Tag: james kilgore
University Lecturer Tied To ‘70s Radicals Pleads Case

University Lecturer Tied To ‘70s Radicals Pleads Case

By Michelle Manchir Maura Zurick and Jodi S. Cohen, Chicago Tribune

A University of Illinois adjunct lecturer with ties to a 1970s revolutionary group asked the school’s board on Wednesday to consider the unique perspective he can bring to the classroom if allowed to continue teaching there.

“Who better to tell (someone) how to avoid a destructive path than someone who has walked that path?” said James Kilgore, who publicly addressed the board for the first time since his position at the state’s largest university came under scrutiny earlier this year.

Kilgore, 66, served 6 years in prison in connection with a fatal bank robbery before being hired at the university in 2009.

He spoke for the maximum five minutes allotted to him during the board’s public comment time at its regularly scheduled meeting, asking the board to consider a policy that would be more open to the employment of individuals with criminal histories.

He also said he is “ashamed” of acts he committed “as a young man” and that he has tried to “chart a different road” for himself since then as an educator.

“We must not freeze people in history but allow them space to move forward,” Kilgore said.

The appearance comes days after the board’s chairman, Christopher Kennedy, made comments to a Champaign newspaper describing Kilgore as a “domestic terrorist” and indicating that he should not work at the school in the midst of a university review of Kilgore’s employment.

Kennedy spoke only briefly after Kilgore’s remarks, saying “the issue before us is in (university administrators’ hands) at this point.”

“We’ll let their process run,” he said.

In February, the Champaign News-Gazette ran an in-depth article about Kilgore’s past.
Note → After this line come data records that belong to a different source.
//! The linear relaxation of a node in `f64`: prices times weight, bases lowered by what is in, without what is out or can't be.

use crate::matrix::{Matrix, MatrixPart, NO_PRICE, Row, Template, float_of};
use crate::places::{NO_PLACES, Places, append, at, put};
use adv_base::NoMemory;
use std::alloc::Global;
use std::num::nearest_i64_to_f64;

/// In place of a price where there is none.
pub(crate) const BIG: f64 = 1e300;
/// In place of the place of a link or of a row that isn't in the view.
pub(crate) const NO_NUMBER: u32 = u32::MAX;
/// In place of the number of a candidate that isn't in the view.
pub(crate) const NO_LOCAL: u16 = u16::MAX;

/// An order that some open candidate offers: what it costs without them (at most BIG), and their offers, by price.
#[derive(Clone, Copy)]
pub struct ViewRow {
    pub base: f64,
    pub offers: Places,
}

/// An offer, with the place of its link in the view.
#[derive(Clone, Copy)]
pub struct ViewOffer {
    pub price: f64,
    pub link: u32,
}

/// A template that needs a row: the rest of its cost, and where its rows stand in `needs`.
#[derive(Clone, Copy)]
pub struct ViewTemplate {
    pub cost: f64,
    pub needs: Places,
}

/// A part in which a candidate offers something: the least cost of templates without rows (at most BIG), its place in the
/// matrix, and what it has.
#[derive(Clone, Copy)]
pub struct ViewPart {
    pub fixed: f64,
    pub part: u32,
    pub rows: Places,
    pub templates: Places,
    pub links: Places,
}

/// A node of a search: which candidates are in, which aren't out, and the budget in pages.
#[derive(Clone, Copy)]
pub struct ViewNode {
    pub inside: [bool; 256],
    pub allowed: [bool; 256],
    pub budget: i64,
}

/// The view of a node. Its candidates are those that are open and offer something; `local` has the number of each in the view.
#[derive(Drop)]
pub struct View {
    pub candidates: Vec<u8>,
    pub local: [u16; 256],
    pub sizes: Vec<f64>,
    pub upkeep: Vec<f64>,
    pub parts: Vec<ViewPart>,
    pub rows: Vec<ViewRow>,
    pub offers: Vec<ViewOffer>,
    pub templates: Vec<ViewTemplate>,
    pub needs: Vec<u32>,
    /// The place in the matrix of each link, and its candidate's number in the view.
    pub links: Vec<u32>,
    pub owners: Vec<u16>,
    /// What all costs that has no choice, and the pages that are left.
    pub constant: f64,
    pub room: f64,
    /// The place in the view of each link of the matrix, and what became of the rows of the part that is opened.
    pub(crate) numbers: Vec<u32>,
    opened: Vec<OpenedRow>,
}

/// A row of the matrix in the view: its place there, or the price of what is in or exists.
#[derive(Clone, Copy)]
struct OpenedRow {
    place: u32,
    price: f64,
}

/// What a part is opened with.
#[derive(Clone, Copy)]
struct Opening<'a> {
    matrix: &'a Matrix,
    inside: &'a [bool; 256],
    weight: f64,
}

/// A price by weight.
fn weighted(price: i64, weight: f64) -> f64 {
    if price >= NO_PRICE {
        BIG
    } else {
        nearest_i64_to_f64(price) * weight
    }
}

impl View {
    /// All memory that views of a matrix take. Want of memory is the one error.
    pub fn new(alloc: Global, matrix: &Matrix) -> Result<View, NoMemory> {
        let links = matrix.links.len();
        let mut rows = 0;
        for part in matrix.parts.as_slice() {
            rows = part.rows.count().max(rows);
        }
        Ok(View {
            candidates: Vec::with_capacity(alloc, 256)?,
            local: [NO_LOCAL; 256],
            sizes: Vec::with_capacity(alloc, 256)?,
            upkeep: Vec::with_capacity(alloc, 256)?,
            parts: Vec::with_capacity(alloc, matrix.parts.len())?,
            rows: Vec::with_capacity(alloc, matrix.rows.len())?,
            offers: Vec::with_capacity(alloc, matrix.offers.len())?,
            templates: Vec::with_capacity(alloc, matrix.templates.len())?,
            needs: Vec::with_capacity(alloc, matrix.needs.len())?,
            links: Vec::with_capacity(alloc, links)?,
            owners: Vec::with_capacity(alloc, links)?,
            constant: 0.0,
            room: 0.0,
            numbers: vec![in alloc; NO_NUMBER; links]?,
            opened: Vec::with_capacity(alloc, rows)?,
        })
    }

    /// Makes the view of a node, with prices cut to what a configuration can pay that costs less than a known cost.
    pub fn open(&mut self, matrix: &Matrix, node: &ViewNode, cost: f64) {
        self.clear();
        self.admit(matrix, node);
        for (place, part) in matrix.parts.as_slice().iter().enumerate() {
            let opening = Opening {
                matrix,
                inside: &node.inside,
                weight: nearest_i64_to_f64(part.weight),
            };
            self.open_part(&opening, part, place);
        }
        self.cut(cost);
        self.compact();
    }

    /// Empties the lists.
    fn clear(&mut self) {
        self.candidates.clear();
        self.local = [NO_LOCAL; 256];
        self.sizes.clear();
        self.upkeep.clear();
        self.parts.clear();
        self.rows.clear();
        self.offers.clear();
        self.templates.clear();
        self.needs.clear();
        self.links.clear();
        self.owners.clear();
        self.numbers.as_mut_slice().fill(NO_NUMBER);
    }

    /// Counts what is in, and lists the open candidates.
    fn admit(&mut self, matrix: &Matrix, node: &ViewNode) {
        let mut left = node.budget;
        let mut constant = matrix.kept;
        for a in 0..matrix.count.min(256) {
            if node.inside[a] {
                left = left.saturating_sub(matrix.sizes[a]);
                constant = constant.saturating_add(matrix.upkeep[a]);
            }
        }
        for a in 0..matrix.count.min(256) {
            if node.allowed[a] && !node.inside[a] && matrix.sizes[a] <= left {
                self.local[a] = (self.candidates.len() & 255) as u16;
                append(&mut self.candidates, (a & 255) as u8);
                append(&mut self.sizes, nearest_i64_to_f64(matrix.sizes[a]));
                append(&mut self.upkeep, float_of(matrix.upkeep[a]));
            }
        }
        self.constant = float_of(constant);
        self.room = nearest_i64_to_f64(left);
    }

    /// Opens a part of the matrix; one in which no open candidate offers anything is counted and gone.
    fn open_part(&mut self, opening: &Opening<'_>, part: &MatrixPart, place: usize) {
        let rows = self.rows.len();
        let offers = self.offers.len();
        let templates = self.templates.len();
        let links = self.links.len();
        self.opened.clear();
        for row in part.rows.of(opening.matrix.rows.as_slice()) {
            self.open_row(opening, row);
        }
        let mut fixed = BIG;
        for template in part.templates.of(opening.matrix.templates.as_slice()) {
            fixed = fixed.min(self.open_template(opening, template, part.rows.from));
        }
        if self.templates.len() > templates {
            let part = ViewPart {
                fixed,
                part: (place & 0x7fff_ffff) as u32,
                rows: Places {
                    from: rows,
                    to: self.rows.len(),
                },
                templates: Places {
                    from: templates,
                    to: self.templates.len(),
                },
                links: Places {
                    from: links,
                    to: self.links.len(),
                },
            };
            append(&mut self.parts, part);
        } else {
            self.constant += fixed;
            self.rows.truncate(rows);
            self.offers.truncate(offers);
            self.links.truncate(links);
            self.owners.truncate(links);
        }
    }

    /// The place in the view of a link, which is made where there is none yet.
    fn number(&mut self, link: u32, owner: u16) -> u32 {
        let known = at(self.numbers.as_slice(), link as usize, NO_NUMBER);
        if known != NO_NUMBER {
            return known;
        }
        let number = (self.links.len() & 0x7fff_ffff) as u32;
        append(&mut self.links, link);
        append(&mut self.owners, owner);
        put(self.numbers.as_mut_slice(), link as usize, number);
        number
    }

    /// Opens a row: the offers of open candidates below the price of what is in or exists.
    fn open_row(&mut self, opening: &Opening<'_>, row: &Row) {
        let from = self.offers.len();
        let mut base = row.base;
        for offer in row.offers.of(opening.matrix.offers.as_slice()) {
            let a = offer.candidate as usize;
            if opening.inside[a] {
                base = offer.price;
                break;
            }
            let owner = self.local[a];
            if owner != NO_LOCAL {
                let price = nearest_i64_to_f64(offer.price) * opening.weight;
                let link = self.number(offer.link, owner);
                append(&mut self.offers, ViewOffer { price, link });
            }
        }
        let price = weighted(base, opening.weight);
        self.drop_offers(from, price);
        let to = self.offers.len();
        if to == from {
            append(
                &mut self.opened,
                OpenedRow {
                    place: NO_NUMBER,
                    price,
                },
            );
            return;
        }
        let place = (self.rows.len() & 0x7fff_ffff) as u32;
        append(&mut self.opened, OpenedRow { place, price });
        append(
            &mut self.rows,
            ViewRow {
                base: price,
                offers: Places { from, to },
            },
        );
    }

    /// Drops the last offers, from a place on, that aren't below a price.
    fn drop_offers(&mut self, from: usize, price: f64) {
        let mut kept = self.offers.len();
        for offer in self.offers.as_slice().iter().rev() {
            if kept <= from || offer.price < price {
                break;
            }
            kept -= 1;
        }
        self.offers.truncate(kept);
    }

    /// Opens a template, and answers BIG; or answers what it costs where no open candidate serves it.
    fn open_template(&mut self, opening: &Opening<'_>, template: &Template, first: usize) -> f64 {
        let from = self.needs.len();
        let mut cost = nearest_i64_to_f64(template.internal) * opening.weight;
        for need in template.needs.of(opening.matrix.needs.as_slice()) {
            let place = (*need as usize).wrapping_sub(first);
            let row = at(
                self.opened.as_slice(),
                place,
                OpenedRow {
                    place: NO_NUMBER,
                    price: BIG,
                },
            );
            if row.place == NO_NUMBER {
                cost += row.price;
            } else {
                append(&mut self.needs, row.place);
            }
        }
        let needs = Places {
            from,
            to: self.needs.len(),
        };
        if cost >= BIG {
            self.needs.truncate(from);
        } else if needs.count() > 0 {
            append(&mut self.templates, ViewTemplate { cost, needs });
            return BIG;
        }
        cost.min(BIG)
    }

    /// The places of a row's offers.
    pub(crate) fn offers_of(&self, row: usize) -> Places {
        if row < self.rows.len() {
            self.rows[row].offers
        } else {
            NO_PLACES
        }
    }

    /// The least price of a row's offers, where no rent is asked.
    pub(crate) fn least_price(&self, row: usize) -> f64 {
        let offers = self.offers_of(row).of(self.offers.as_slice());
        if offers.len() > 0 {
            offers[0].price
        } else {
            0.0
        }
    }

    /// What a template costs at least, where no rent is asked.
    pub(crate) fn least_cost(&self, template: &ViewTemplate) -> f64 {
        let mut cost = template.cost;
        for need in template.needs.of(self.needs.as_slice()) {
            cost += self.least_price(*need as usize);
        }
        cost
    }

    /// What a part costs at least, where no rent is asked.
    pub(crate) fn least_of(&self, part: &ViewPart) -> f64 {
        let mut least = part.fixed;
        for template in part.templates.of(self.templates.as_slice()) {
            least = least.min(self.least_cost(template));
        }
        least
    }
}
Two months later, Kilgore was reportedly told by a campus administrator that the university would not renew any employment contracts with him after the current one expires in August.

A few weeks later, it was determined that a university committee would review Kilgore’s case, according to The News-Gazette.

According to the FBI, Kilgore was the final member to be arrested from the radical group Symbionese Liberation Army, which is most famous for kidnapping Patty Hearst. He was taken into custody in 2002 in South Africa, where he had been living for more than 10 years under the alias “Charles William Pape.”

He was charged with possession of an unregistered explosive device and also the second-degree murder of bank customer Myrna Opsahl during a 1975 armed robbery in Carmichael, Calif.

In 2004, he pleaded guilty and served six years in a California federal prison before his release in 2009.